For some time now, the name Key Lime Pie has been pushed around in conjunction with the next version of Android, and while the idea is that this is going to be Android 4.3, there’s fresh evidence to suggest that Android 5.0 is indeed coming. VR-Zone is reporting that Key Lime Pie is to launch in late October, and that it will be heavily optimized in order to run on devices with as little as 512MB of RAM. This sounds a little strange to us, even the most mid-range of devices are shipping with a standard of 1GB of RAM but, with Apple pushing heavily-optimized GPU performance in iOS, Google need to show that Android is not going to sit down and gather dust as iOS did in the past.

While VR-Zone are quoting sources familiar with the matter, I’d still take this with a pinch of salt. There’s nothing concrete to go on here but, everything does seem to line-up. Android 4.0 was released in the fall of 2011, Android 4.2 in the fall of 2012 and it would stand to reason that this fall would see the next major version of Android, Key Lime Pie. This fall is supposedly the launch time for the fabled Moto-X smartphone and it’d be a big boon for Google to release these devices alongside Key Lime Pie.

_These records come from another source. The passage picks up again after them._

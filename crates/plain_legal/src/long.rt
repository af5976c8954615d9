ghost use Rattle.std.specs.Prelude.{◌≡◌, IfOk, length, IsTrue, ◌↔◌};
ghost use Rattle.std.specs.List.{list_all, AllByRecursion as Each};
ghost use Rattle.st_model.specs.Long.{is_long, is_read, line_length, IsCutRightly};
ghost use Rattle.plain_legal.specs.Runs.{is_cut, is_cut_rightly};

use crate::line::line_of;
use st_base::LONG_TRANSCRIPT;
use st_model::{Call, Calls, Command, Reply};
use std::alloc::{AllocError, Global};

// Whether the command only reads.
fn is_read(command: &Command) -> bool
    ensures { result ≡ is_read command.now }
{
    match command {
        Command::Get(_, _) => true,
        Command::GetAt(_, _, _) => true,
        Command::View(_) => true,
        Command::Scan(_, _, _, _) => true,
        Command::ScanAt(_, _, _, _, _) => true,
        _ => false,
    }
}

// Whether the reply is that of a long transcript.
fn is_long(reply: &Reply) -> bool
    ensures { result ≡ is_long reply.now }
{
    matches!(reply, Reply::Long)
}

// How many bytes the call prints.
fn line_length(alloc: Global, call: &Call) -> Result<u64, AllocError>
    ensures { IfOk result (λ bytes. bytes ≡ line_length call.now) }
{
    Ok(line_of(alloc, call.place, &call.reply)?.len() as u64)
}

// Whether the reply is cut exactly where it answers a read and the transcript has its full length.
fn is_cut(bytes: u64, call: &Call) -> bool
    ensures { result ≡ is_cut bytes call.now }
{
    let cuts = is_read(&call.asked.command) && bytes >= LONG_TRANSCRIPT;
    is_long(&call.reply) == cuts
}

// Whether the replies of the transcript are cut so.
fn is_cut_rightly(alloc: Global, calls: &[Call]) -> Result<bool, AllocError>
    ensures { IfOk result (λ holds. holds ≡ is_cut_rightly 0 calls.now) }
{
    let mut bytes = 0_u64;
    for call in calls {
        if !is_cut(bytes, call) {
            return Ok(false);
        }
        bytes = bytes.saturating_add(line_length(alloc, call)?);
    }
    Ok(true)
}

// Whether those of each transcript are.
fn all_cut_rightly(alloc: Global, transcripts: &[Calls]) -> Result<bool, AllocError>
    ensures { IfOk result (λ holds. holds ≡ list_all (is_cut_rightly 0) transcripts.now) }
{
    for calls in transcripts {
        if !is_cut_rightly(alloc, calls.as_slice())? {
            return Ok(false);
        }
    }
    Ok(true)
}

/// Whether reads are cut exactly where their transcript has its full length.
pub fn are_cut_rightly(alloc: Global, transcripts: &[Calls]) -> Result<bool, AllocError>
    ensures { IfOk result (λ holds. IsTrue holds ↔ (Each (IsCutRightly 0) transcripts.now)) }
{
    let holds = all_cut_rightly(alloc, transcripts)?;
    Ok(holds)
}
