// Every function of the port by its number, under a name of C's, for the comparison with the Rust function by function.
// An archive of its own, so that the product's archive is compiled as its users have it.
#![tactic(auto)]

ghost use Rattle.std.specs.Prelude.{◌≡◌};
ghost use Rattle.pxfm.specs.Steps.{step_of};
ghost use Rattle.capi_port.specs.Patterns.{parts_of};

// `inp` holds the arguments in order, a pair as its low part and then its high part; `out` takes the result so.
#[unsafe(no_mangle)]
pub extern "C" fn px_step(which: u32, inp: &[u64; 6], out: &mut [u64; 2])
    ensures { out.new ≡ parts_of (step_of which inp.now) }
{
    capi_port::px_step(which, inp, out);
}
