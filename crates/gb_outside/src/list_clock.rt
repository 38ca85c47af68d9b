//! A clock that gives the stamps of a list.
ghost use Rattle.std.specs.Prelude.{◌≡◌, ◌<◌, Some, length};

use crate::Clock;
use gb_base::Stamp;

/// Gives the stamps of a slice in order, and the last one again and again.
#[derive(Debug, Drop)]
pub struct ListClock<'a> {
    stamps: &'a [Stamp],
    ghost some: { 0 < length stamps.now },
}

impl<'a> ListClock<'a> {
    /// A clock that gives these stamps.
    pub fn new(stamps: &'a [Stamp]) -> ListClock<'a>
        requires { 0 < length stamps.now }
        ensures ticks { ⟦<ListClock<'a> as Clock>⟧.ticks result ≡ Some stamps.now }
    {
        ListClock { stamps }
    }
}

impl Clock for ListClock<'_> {
    ghost use Rattle.std.specs.Prelude.{Some};

    ghost ticks = { λ s. Some s.stamps.now };

    fn now(&mut self) -> Stamp {
        match self.stamps {
            [last] => *last,
            [first, rest @ ..] => {
                self.stamps = rest;
                *first
            }
            [] => unreachable!(),
        }
    }
}
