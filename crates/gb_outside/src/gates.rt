//! The gate of a desk.
use gb_base::ReceiptNo;

/// Stands at each desk: called with an item while the desk holds the item's folios, before the
/// item's entries are made. It returns nothing that the desk uses.
pub trait DeskGate: Sync {
    /// The desk is about to make the entries of this item.
    fn at(&self, item: ReceiptNo);
}
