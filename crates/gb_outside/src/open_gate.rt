//! A gate that is always open.
use crate::DeskGate;
use gb_base::ReceiptNo;

/// A gate that lets each item pass at once.
#[derive(Clone, Copy, Debug, Default)]
pub struct OpenGate;

impl DeskGate for OpenGate {
    fn at(&self, _item: ReceiptNo) {}
}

Optimization is something that was talked about above, and this seems like something Google would do. They’ve made it pretty clear in the past two years that Android is no longer going to be the OS that updates frequently, without substance. Google are striving for a solid eco-system and a platform that can show the rest of the market how it’s done. It’s no longer about being first in the mobile OS game, it’s about being the best and through solidifying the features introduced in Ice Cream Sandwich and Jelly Bean, such as Holo and Google Now, Google can prove that they are the best.